В современном бытовом сознании подобная операция, пока она касается других, вполне обыденна и допустима, но едва дело коснётся себя, представляется верной гибелью. Моё состояние ничуть не отличалось от заблуждений обыденного сознания. Я точно знал, что попаду в те доли процента, которых ждёт трагический конец. Казалось, всё происходит не со мной, а с персонажем фантастического рассказа, а я лишь наблюдаю за происходящим с глубочайшим проникновением в психологию героя. А потом, когда придёт время убирать труп, я поставлю точку, захлопну тетрадку и начну новый рассказ. Не знаю, доступно ли подобное тем, кто пишет свои сочинения прямо на компьютере, минуя бумагу.
В больнице осуждённого первым делом обрили, почему-то не голову, а грудь и ноги, но это не важно: насильственно обритый человек уже делает первый шаг прочь из страны живых.
Клизма, вторая клизма, затем душ… ах, как меня будет приятно препарировать!
Осуждённого, за редким исключением это молодой, полный сил человек, наряжают в арестантскую робу, усаживают на телегу и везут к месту казни. Меня, не старого и полного сил, раздевают догола, укладывают на каталку и, прикрыв простынёй, везут по коридорам к сакральной двери с надписью: «Операционная». Непричастным к медицинскому персоналу входить в эту дверь нельзя, можно только въезжать, хорошо, что покуда головой вперёд.
Доброжелательные энергичные люди принимаются обрабатывать меня, с готовностью, не дожидаясь вопросов, объясняя, зачем и для чего нужен каждый укол и процедура.
Как-то в деревне мне довелось видеть, как режут откормленного кабанчика. Никто не желает ему зла, его выводят из тёмного закута на свежий воздух, называют ласковыми именами, хлопают ладонью по боку, моют и чешут. А попробуй иначе — визгу не оберёшься, свин начнёт метаться, разгромит всё и вся, и под нож не дастся. А так, разомлеет дурачок от неожиданной ласки и не видит, что ножик на него уже приготовлен.

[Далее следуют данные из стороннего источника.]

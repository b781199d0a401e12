//! Shards that a server has and nobody knows.
use sm_server::ServerId;

/// A shard that a server has told of, and that has no number.
#[derive(Debug, Drop)]
pub struct UnknownShard {
    pub server: ServerId,
    /// The name of the shard.
    pub shard: String,
}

Очень я себе этого поросёнка напоминал.
Под конец мне на нос надвинули маску.
— Дышите, это кислород.
— Ага, как же… Я читал описание операции, знаю, что это за кислород. Тем не менее, послушно начал дышать. Дохнул раза три и вдруг обнаружил, что сверху нет нависающего оборудования, а только потолок с квадратиками светильников, зато из моего носа торчат трубочки, и изо всех мест, куда делали уколы, тоже торчат трубочки, а руки у меня, на всякий случай, накрепко прикручены к каталке, как бы для того, чтобы я не вздумал мешать тем, кто станет меня свежевать. А это значит, что резать меня уже прекратили, и, вопреки всем своим ожиданиям, я почему-то жив.

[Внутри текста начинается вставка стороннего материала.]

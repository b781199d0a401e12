//! Answers to fences and settles.
ghost use Rattle.std.specs.Prelude.{◌≡◌, ◌↔◌, ◌⊎◌, IfOk, OnOk, Some, false, true, is_some, option_map};
ghost use Rattle.laws_network.specs.Reopening.{Entries, MapOwner, Server, Told, Took, entered, is_first};
ghost use Rattle.laws_network.specs.ReopeningLaws.{AllTook};
ghost use Rattle.sm_reopening.specs.States.{fits_told, net_inventory};
ghost use Rattle.sm_reopening.specs.Ongoing.{net_reopening, copies_after, shards_of, told_copies};
ghost use Rattle.sm_reopening.specs.Settles.{is_due_settle, net_party, settle_messages, settle_sent, settled_of};
ghost use Rattle.sm_reopening.specs.Settles.{what_settles};
ghost use Rattle.smpland_reopening.specs.Reopening.{IsUnder};
ghost use Rattle.smpland_reopening.specs.Told.{has_told_of};
ghost use Rattle.smpland_reopening.specs.Unknown.{IsFirstUnknown};

use crate::reopening::DocumentReopening;
use crate::unknown_shard::UnknownShard;
use sm_placement::Placement;
use sm_reopening::{FencedEffect, Inventory, Party, Settle, SettledEffect};
use sm_server::{ServerId, ShardId};
use std::alloc::AllocError;

/// Notes the names of shards that a server has and nobody knows.
fn note(
    unknown_shards: &mut Vec<UnknownShard>,
    server: ServerId,
    names: Vec<String>,
) -> Result<(), AllocError> {
    for shard in names {
        unknown_shards.push(UnknownShard { server, shard })?;
    }
    Ok(())
}

/// The first shard that a server has and nobody knows, of the lowest server that has one.
fn first_of_lowest(unknown_shards: &[UnknownShard]) -> Option<&UnknownShard>
    ensures { IsFirstUnknown unknown_shards.now (option_map (λ first. first.now) result) }
{
    let mut first: Option<&UnknownShard> = None;
    for unknown_shard in unknown_shards {
        match first {
            Some(lowest) if lowest.server.number() <= unknown_shard.server.number() => {}
            _ => first = Some(unknown_shard),
        }
    }
    first
}

impl DocumentReopening {
    /// Returns whether an answer of a party would be its first one to this fence.
    pub fn is_first(&self, party: &Party, base: u64) -> bool
        ensures { result ≡ is_first (net_reopening self.now.ongoing) (net_party party.now) base }
    {
        base == self.base() && !self.is_confirmed() && self.is_unanswered(party)
    }

    /// Notes the names of shards that a server has and nobody knows.
    fn note_unknown_shards(
        &mut self,
        server: ServerId,
        unknown_shards: Vec<String>,
    ) -> Result<(), AllocError>
        ensures ongoing { OnOk result (self.new.ongoing ≡ self.old.ongoing) }
        ensures under { OnOk result (IsUnder self.old self.new) }
        ensures next { OnOk result (self.new.next ≡ self.old.next) }
    {
        note(&mut self.unknown_shards, server, unknown_shards)
    }

    /// Takes what a server tells that stands at a fence, and the names of the shards that it has and nobody knows.
    /// Only its first answer to this fence counts.
    pub fn fenced(
        &mut self,
        server: ServerId,
        base: u64,
        inventory: Inventory,
        unknown_shards: Vec<String>,
    ) -> Result<FencedEffect, AllocError>
        requires { fits_told (shards_of self.old.ongoing) (Some inventory) ≡ true }
        ensures old { IfOk result (λ effect. (effect ≡ FencedEffect.Old) ↔
            (is_first (net_reopening self.old.ongoing) (Server server) base ≡ false)) }
        ensures unchanged { IfOk result (λ effect. effect ≡ FencedEffect.Old → self.new ≡ self.old) }
        ensures reopening { OnOk result (net_reopening self.new.ongoing
            ≡ entered (Told (Server server) base (net_inventory inventory)) (net_reopening self.old.ongoing)) }
        ensures copies { OnOk result (told_copies self.new.ongoing
            ≡ copies_after self.old.ongoing server base inventory) }
        ensures under { OnOk result (IsUnder self.old self.new) }
        ensures next { OnOk result (self.new.next ≡ self.old.next) }
    {
        if !self.is_first(&Party::Server(server), base) {
            return Ok(FencedEffect::Old);
        }
        self.note_unknown_shards(server, unknown_shards)?;
        Ok(self.tell(server, base, inventory))
    }

    /// Takes what a server tells that stands at a fence.
    fn tell(&mut self, server: ServerId, base: u64, inventory: Inventory) -> FencedEffect
        requires { fits_told (shards_of self.old.ongoing) (Some inventory) ≡ true }
        ensures old { (result ≡ FencedEffect.Old) ↔
            (is_first (net_reopening self.old.ongoing) (Server server) base ≡ false) }
        ensures reopening { net_reopening self.new.ongoing
            ≡ entered (Told (Server server) base (net_inventory inventory)) (net_reopening self.old.ongoing) }
        ensures copies { told_copies self.new.ongoing ≡ copies_after self.old.ongoing server base inventory }
        ensures under { IsUnder self.old self.new }
        ensures next { self.new.next ≡ self.old.next }
    {
        self.ongoing.fenced(server, base, inventory)
    }

    /// Takes the answer of the map's owner to a fence. Only its first answer to this fence counts.
    pub fn map_fenced(&mut self, base: u64) -> FencedEffect
        ensures old { (result ≡ FencedEffect.Old) ↔ (is_first (net_reopening self.old.ongoing) MapOwner base ≡ false) }
        ensures unchanged { result ≡ FencedEffect.Old → self.new ≡ self.old }
        ensures reopening { net_reopening self.new.ongoing
            ≡ entered (Told MapOwner base Entries) (net_reopening self.old.ongoing) }
        ensures copies { told_copies self.new.ongoing ≡ told_copies self.old.ongoing }
        ensures under { IsUnder self.old self.new }
        ensures next { self.new.next ≡ self.old.next }
    {
        if !self.is_first(&Party::MapOwner, base) {
            return FencedEffect::Old;
        }
        self.ongoing.map_fenced(base)
    }

    /// Whether a server has told that it has something of a shard.
    pub fn has_told_of(&self, server: ServerId, shard: ShardId) -> bool
        ensures { result ≡ has_told_of self.now server shard }
    {
        match self.ongoing.slot(shard, server) {
            Some(slot) => !slot.cell.is_absent(),
            None => false,
        }
    }

    /// Returns the settle of a party, once a settlement is confirmed. It may be sent again at any time.
    pub fn settle(&self, party: Party) -> Option<Settle>
        ensures { settle_messages (net_reopening self.now.ongoing).settlement result
            ≡ settle_sent (net_reopening self.now.ongoing) (net_party party) }
    {
        self.ongoing.settle(party)
    }

    /// Returns what was confirmed, under the numbers of the reopening.
    pub fn settlement(&self) -> Option<&Placement>
        ensures { option_map (λ p. settled_of p.now) result
            ≡ option_map what_settles (net_reopening self.now.ongoing).settlement }
    {
        self.ongoing.settlement()
    }

    /// Takes the answer of a party to its settle.
    pub fn settled(&mut self, party: Party, base: u64) -> SettledEffect
        ensures old { (result ≡ SettledEffect.Old) ↔
            (is_due_settle (net_reopening self.old.ongoing) (net_party party) base ≡ false) }
        ensures complete { result ≡ SettledEffect.Complete → AllTook (net_reopening self.new.ongoing) }
        ensures confirmed { result ≡ SettledEffect.Complete
            → is_some (net_reopening self.new.ongoing).settlement ≡ true }
        ensures waiting { result ≡ SettledEffect.Waiting → AllTook (net_reopening self.new.ongoing) → ⊥ }
        ensures unchanged { result ≡ SettledEffect.Old → self.new ≡ self.old }
        ensures reopening { (result ≡ SettledEffect.Old)
            ⊎ (net_reopening self.new.ongoing ≡ entered (Took (net_party party) base)
            (net_reopening self.old.ongoing)) }
        ensures copies { told_copies self.new.ongoing ≡ told_copies self.old.ongoing }
        ensures under { IsUnder self.old self.new }
        ensures next { self.new.next ≡ self.old.next }
    {
        self.ongoing.settled(party, base)
    }

    /// The first shard that a server has and nobody knows, of the lowest server that has one.
    pub fn first_unknown_shard(&self) -> Option<&UnknownShard>
        ensures { IsFirstUnknown self.now.unknown_shards (option_map (λ first. first.now) result) }
    {
        first_of_lowest(&self.unknown_shards)
    }
}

С этого момента началось второе действие хирургической пиесы.
Кого ни спроси, все рассказывают, что отходя от наркоза, больные жутко матерятся. На самом деле, это не так. Например, мой предшественник, человек, не имевший никакого отношения к железным дорогам, открывши глаза, громко объявил: «Поезд отправляется! Прошу посторонних покинуть вагон!» Но в ту пору я этого не знал, и твёрдо решил, что уж от меня дурных слов никто не дождётся. И я принялся читать Пушкина, поэму «Медный всадник». Вообще-то, я её знаю наизусть, но сильно побаиваюсь, что очнувшись, прочёл её с большим количеством лакун и, кажется, со вставками из «Руслана и Людмилы». Но строки: «И тут же хладный труп его похоронили ради бога», — были произнесены громко и с выражением.